[[ Data for processing open ]]
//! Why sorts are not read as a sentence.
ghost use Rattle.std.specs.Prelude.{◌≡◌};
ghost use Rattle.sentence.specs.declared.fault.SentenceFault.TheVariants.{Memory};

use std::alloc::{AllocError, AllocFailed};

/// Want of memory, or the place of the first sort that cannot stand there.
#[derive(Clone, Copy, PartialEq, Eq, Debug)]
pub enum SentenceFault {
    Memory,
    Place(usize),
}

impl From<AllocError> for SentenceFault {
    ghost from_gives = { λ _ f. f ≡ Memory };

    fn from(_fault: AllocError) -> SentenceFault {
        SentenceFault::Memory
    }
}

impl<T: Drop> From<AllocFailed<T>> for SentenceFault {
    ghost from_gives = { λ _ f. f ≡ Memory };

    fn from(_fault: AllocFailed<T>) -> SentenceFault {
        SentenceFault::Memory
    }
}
[[ Data for processing closed ]]
[[ Data for processing open ]]
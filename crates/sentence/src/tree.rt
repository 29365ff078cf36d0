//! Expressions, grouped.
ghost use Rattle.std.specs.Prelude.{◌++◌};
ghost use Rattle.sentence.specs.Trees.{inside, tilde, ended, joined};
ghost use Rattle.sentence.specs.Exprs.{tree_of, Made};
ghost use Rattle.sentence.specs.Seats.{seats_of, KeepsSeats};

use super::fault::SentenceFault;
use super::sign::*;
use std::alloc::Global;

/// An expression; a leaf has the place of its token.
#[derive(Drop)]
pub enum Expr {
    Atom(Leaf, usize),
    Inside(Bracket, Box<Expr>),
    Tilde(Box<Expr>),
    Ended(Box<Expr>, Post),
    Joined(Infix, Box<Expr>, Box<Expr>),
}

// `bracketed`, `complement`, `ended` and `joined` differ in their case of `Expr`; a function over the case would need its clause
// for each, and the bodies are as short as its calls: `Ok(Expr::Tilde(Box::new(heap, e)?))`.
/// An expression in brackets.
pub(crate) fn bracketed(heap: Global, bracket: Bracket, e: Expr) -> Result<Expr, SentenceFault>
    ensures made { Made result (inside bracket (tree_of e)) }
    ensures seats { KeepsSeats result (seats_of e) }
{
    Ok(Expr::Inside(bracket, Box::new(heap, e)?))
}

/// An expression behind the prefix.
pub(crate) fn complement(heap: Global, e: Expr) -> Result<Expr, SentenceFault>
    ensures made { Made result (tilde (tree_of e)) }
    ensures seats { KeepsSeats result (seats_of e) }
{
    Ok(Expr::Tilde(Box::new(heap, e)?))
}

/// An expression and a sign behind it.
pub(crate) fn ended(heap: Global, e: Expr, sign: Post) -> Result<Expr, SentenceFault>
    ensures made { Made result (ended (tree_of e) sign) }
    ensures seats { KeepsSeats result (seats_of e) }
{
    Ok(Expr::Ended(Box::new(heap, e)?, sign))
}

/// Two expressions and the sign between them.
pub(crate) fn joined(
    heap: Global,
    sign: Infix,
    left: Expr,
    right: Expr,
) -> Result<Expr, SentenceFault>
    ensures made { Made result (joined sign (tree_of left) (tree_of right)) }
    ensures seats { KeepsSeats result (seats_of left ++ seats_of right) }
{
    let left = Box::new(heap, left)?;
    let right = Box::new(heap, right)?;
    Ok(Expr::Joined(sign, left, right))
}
[[ Data for processing closed ]]
▶ [Exercise instructions] Look over the records above and copy each line that includes the string "super".

▶ [Expected answer]
use super::fault::SentenceFault;
use super::sign::*;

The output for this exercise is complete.